(Stored items)
* * * * * * * * *

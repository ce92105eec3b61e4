//! The grammar of a line, in both formats.
//!
//! `specs/Grammar` has a definition for each production, and `specs/Lines` says what a line is, and what the column of
//! a line is that isn't in the grammar. `specs/Reading` has the same productions as readers, and
//! `proofs/` that each reader finds its piece, finds no other, and stops at the first byte that no line has there.
//! `specs/Written` says how a question is written.
//!
//! There is no code here: `laws` tells what holds for all lines.
#![tactic(auto)]

pub mod laws;
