//! Laws of the grammar, for all lines. A call puts its law into the caller's facts.
ghost use Rattle.std.specs.Prelude.{◌≡◌, ◌≤◌, ◌+◌, ◌↔◌, ◌⊎◌, ℕ, List, [], ◌∷◌, length, map, false, true};
ghost use Rattle.cg_query.specs.Tree.{Question, Statement};
ghost use Rattle.cg_query.specs.declared.format.Format.{Format};
ghost use Rattle.cg_grammar.specs.Braces.{Run_side, part_of, repeats, row_fault, row_tree};
ghost use Rattle.cg_grammar.specs.Found.{Found, Stated};
ghost use Rattle.cg_grammar.specs.Grammar.{Some_rows, expr, side as side_piece, special};
ghost use Rattle.cg_grammar.specs.Lines.{is_blank_line, IsColumn, IsColumnIn, IsComment, Reads, ReadsIn, line_of};
ghost use Rattle.cg_grammar.specs.Repeated.{RepeatsAt};
ghost use Rattle.cg_grammar.specs.Splitting.{AllWithin, IsFault, IsLeast, IsSplit, NoneRepeats, Repeats, RowLies};
ghost use Rattle.cg_grammar.specs.Values.{run_side};

/// No line reads as two questions, no blank line and no comment as one, and each line as one, or as none. A line that
/// reads as none has exactly one column.
pub fn one_query()
    ensures unique { (line : List ℕ) (p q : Question) → Reads line p → Reads line q → p ≡ q }
    ensures not_blank { (line : List ℕ) (q : Question) → Reads line q → is_blank_line line ≡ false }
    ensures not_comment { (line : List ℕ) (q : Question) → Reads line q → ¬ IsComment line }
    ensures decided { (line : List ℕ) → ((q : Question) × Reads line q) ⊎ (((q : Question) → ¬ Reads line q)
        × ((c : ℕ) × IsColumn line c)) }
    ensures one_column { (line : List ℕ) (c d : ℕ) → IsColumn line c → IsColumn line d → c ≡ d }
{}

/// No line of a format states two things, no blank line and no comment states anything, and each line states one thing,
/// or none. A line that states nothing has exactly one column.
pub fn one_statement()
    ensures unique { (format : Format) (line : List ℕ) (s t : Statement) → ReadsIn format line s → ReadsIn format line t
        → s ≡ t }
    ensures not_blank { (format : Format) (line : List ℕ) (s : Statement) → ReadsIn format line s
        → is_blank_line line ≡ false }
    ensures not_comment { (format : Format) (line : List ℕ) (s : Statement) → ReadsIn format line s
        → ¬ IsComment line }
    ensures decided { (format : Format) (line : List ℕ) → ((s : Statement) × ReadsIn format line s)
        ⊎ (((s : Statement) → ¬ ReadsIn format line s) × ((c : ℕ) × IsColumnIn format line c)) }
    ensures one_column { (format : Format) (line : List ℕ) (c d : ℕ) → IsColumnIn format line c
        → IsColumnIn format line d → c ≡ d }
{}

/// A brace is split at its longest run of bars, and so is each of its sides: where runs have one bar to eight, and none
/// repeats an earlier one, the tree that the grammar gives a row with a run is that of splitting at the longest run,
/// and so are the options that it gives each of its parts.
pub fn longest_run()
    ensures tree { (side : List Found) (row : Run_side) (rows : List Run_side) → AllWithin 8 (row ∷ rows)
        → NoneRepeats [] (row ∷ rows) → IsSplit side (row ∷ rows) (row_tree side (row ∷ rows) ∷ []) }
    ensures lengths { (side : List Found) (rows : List Run_side) → AllWithin 8 rows → NoneRepeats [] rows
        → IsSplit side rows (part_of 8 side rows) }
{}

/// A run of bars is refused where it repeats an earlier one of its brace: the test on the lengths says so exactly where
/// one of the earlier runs has its length and none longer stands behind that one.
pub fn repeated_run()
    ensures { (length : ℕ) (earlier : List ℕ) → (repeats length false earlier ≡ true) ↔ Repeats length earlier }
{}

/// The column at which a brace is refused is the least at which a run of bars repeats an earlier one of the brace, or
/// an expression in it is refused; and there is none exactly where no run does and no expression is. In each line the
/// expressions and the runs of a brace stand one behind the other, as that asks. So the column of a whole line of the
/// grammar is the least at which some brace of it, at any depth, repeats a run; and there is none exactly where no
/// brace does.
pub fn least_column()
    ensures least { (side : List Found) (rows : List Run_side) (from to : ℕ) → RowLies from side rows to
        → IsLeast (IsFault side rows) (row_fault side rows) }
    ensures in_order { (format : Format) (most at : ℕ) (side : List Found) (row : (ℕ × ℕ) × List Found)
        (rows : List ((ℕ × ℕ) × List Found)) (front behind : List ℕ)
        → side_piece (expr (special format most)) at side front
        → Some_rows (side_piece (expr (special format most))) (at + length front) (row, rows) behind
        → RowLies at side (map run_side (row ∷ rows)) (at + length front + length behind) }
    ensures whole { (format : Format) (line : List ℕ) (a : Stated) → line_of format 1 a line
        → IsLeast (RepeatsAt format line) a.fault }
{}
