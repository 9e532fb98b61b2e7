// No code: what the product promises, and the marked cases of document 01.
#![tactic(auto)]
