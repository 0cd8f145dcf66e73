ghost use Rattle.std.specs.Prelude.{◌≡◌, ◌<◌, IfOk};
ghost use Rattle.std.specs.Arc.{arc_value};
ghost use Rattle.qd_bell.specs.Places.{place_count};

use crate::bell::{Bell, Rung};
use crate::tower::Tower;
use std::alloc::AllocError;
use std::sync::{Arc, Wait};

/// The bell of one side of a link. Each side of the link has one of its own; one side alone waits.
pub struct RealBell {
    tower: Arc<Tower>,
    link: usize,
    /// The rings up to the last wait.
    seen: u64,
    /// Whether it counts among those that wait at times.
    is_counted: bool,
    shuts: u64,
    made: u64,
    ghost has_place: { link < place_count (arc_value tower) },
}

impl RealBell {
    /// A bell of this link, from 0.
    pub fn new(tower: &Arc<Tower>, link: usize) -> Result<RealBell, AllocError>
        requires { link < place_count (arc_value tower.now) }
        ensures shuts { IfOk result (λ b. ⟦<RealBell as Bell>⟧.shuts b ≡ 0) }
        ensures made { IfOk result (λ b. ⟦<RealBell as Bell>⟧.made b ≡ 0) }
    {
        Ok(RealBell {
            tower: Arc::try_clone(tower)?,
            link,
            seen: 0,
            is_counted: false,
            shuts: 0,
            made: 0,
        })
    }
}

impl Bell for RealBell {
    ghost shuts = { λ b. b.shuts };

    ghost made = { λ b. b.made };

    fn wait<R: Wait>(&mut self, rt: &R) -> Rung {
        if !self.is_counted {
            self.is_counted = true;
            self.tower.enter();
        }
        if self.tower.wait(rt, self.link, &mut self.seen) {
            self.is_counted = false;
            self.tower.leave();
            self.shuts = self.shuts.saturating_add(1);
            return Rung::Shut;
        }
        Rung::Ring
    }

    fn ring<R: Wait>(&mut self, rt: &R) {
        self.tower.ring(rt);
    }

    fn shut<R: Wait>(&mut self, _rt: &R) {
        self.tower.shut(self.link);
        self.shuts = self.shuts.saturating_add(1);
        self.made = self.made.saturating_add(1);
    }
}

/// A side that is gone waits no more.
impl Drop for RealBell {
    fn drop(self) {
        let Self {
            tower,
            link: _,
            seen: _,
            is_counted,
            shuts: _,
            made: _,
        } = self;
        if is_counted {
            tower.leave();
        }
    }
}
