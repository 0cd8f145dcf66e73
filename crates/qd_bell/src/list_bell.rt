ghost use Rattle.std.specs.Prelude.{◌≡◌};
ghost use Rattle.qd_bell.specs.Ringing.{Rises, WaitTells, next_rung, one_more};

use crate::bell::{Bell, Rung};
use std::sync::Wait;

/// A bell in memory. A wait answers what the list has at its number, from 0, and Shut past the end of the list.
#[derive(Drop)]
pub struct ListBell {
    rungs: Vec<Rung>,
    waits: usize,
    shuts: u64,
    made: u64,
}

impl ListBell {
    /// A bell on which nobody waited yet.
    pub fn new(rungs: Vec<Rung>) -> ListBell
        ensures shuts { ⟦<ListBell as Bell>⟧.shuts result ≡ 0 }
        ensures made { ⟦<ListBell as Bell>⟧.made result ≡ 0 }
        ensures rungs { (result.rungs ≡ rungs) × (result.waits ≡ 0) }
    {
        ListBell {
            rungs,
            waits: 0,
            shuts: 0,
            made: 0,
        }
    }

    /// How many shuts it has seen.
    pub fn shuts(&self) -> u64
        ensures { result ≡ ⟦<ListBell as Bell>⟧.shuts self.now }
    {
        self.shuts
    }

    /// How many calls of `shut` were made on it.
    pub fn made(&self) -> u64
        ensures { result ≡ ⟦<ListBell as Bell>⟧.made self.now }
    {
        self.made
    }

    fn next(&self) -> Rung
        ensures { result ≡ next_rung self.now }
    {
        match self.rungs.get(self.waits) {
            Some(rung) => *rung,
            None => Rung::Shut,
        }
    }
}

impl Bell for ListBell {
    ghost shuts = { λ b. b.shuts };

    ghost made = { λ b. b.made };

    // It answers exactly what the list says.
    fn wait<R: Wait>(&mut self, _rt: &R) -> Rung
        ensures tells { WaitTells result self.old.shuts self.new.shuts }
        ensures made { self.new.made ≡ self.old.made }
        ensures listed { result ≡ next_rung self.old }
        ensures counted { self.new.waits ≡ one_more self.old.waits }
        ensures rungs { self.new.rungs ≡ self.old.rungs }
    {
        let rung = self.next();
        self.waits = self.waits.saturating_add(1);
        if matches!(&rung, Rung::Shut) {
            self.shuts = self.shuts.saturating_add(1);
        }
        rung
    }

    fn ring<R: Wait>(&mut self, _rt: &R) {}

    fn shut<R: Wait>(&mut self, _rt: &R) {
        self.shuts = self.shuts.saturating_add(1);
        self.made = self.made.saturating_add(1);
    }
}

* * * * * * * * *

- TASK STATEMENT
Copy every line of the data above in which the string "refused" appears.

- EXERCISE SOLUTION
/// A run of bars is refused where it repeats an earlier one of its brace: the test on the lengths says so exactly where
/// The column at which a brace is refused is the least at which a run of bars repeats an earlier one of the brace, or
/// an expression in it is refused; and there is none exactly where no run does and no expression is. In each line the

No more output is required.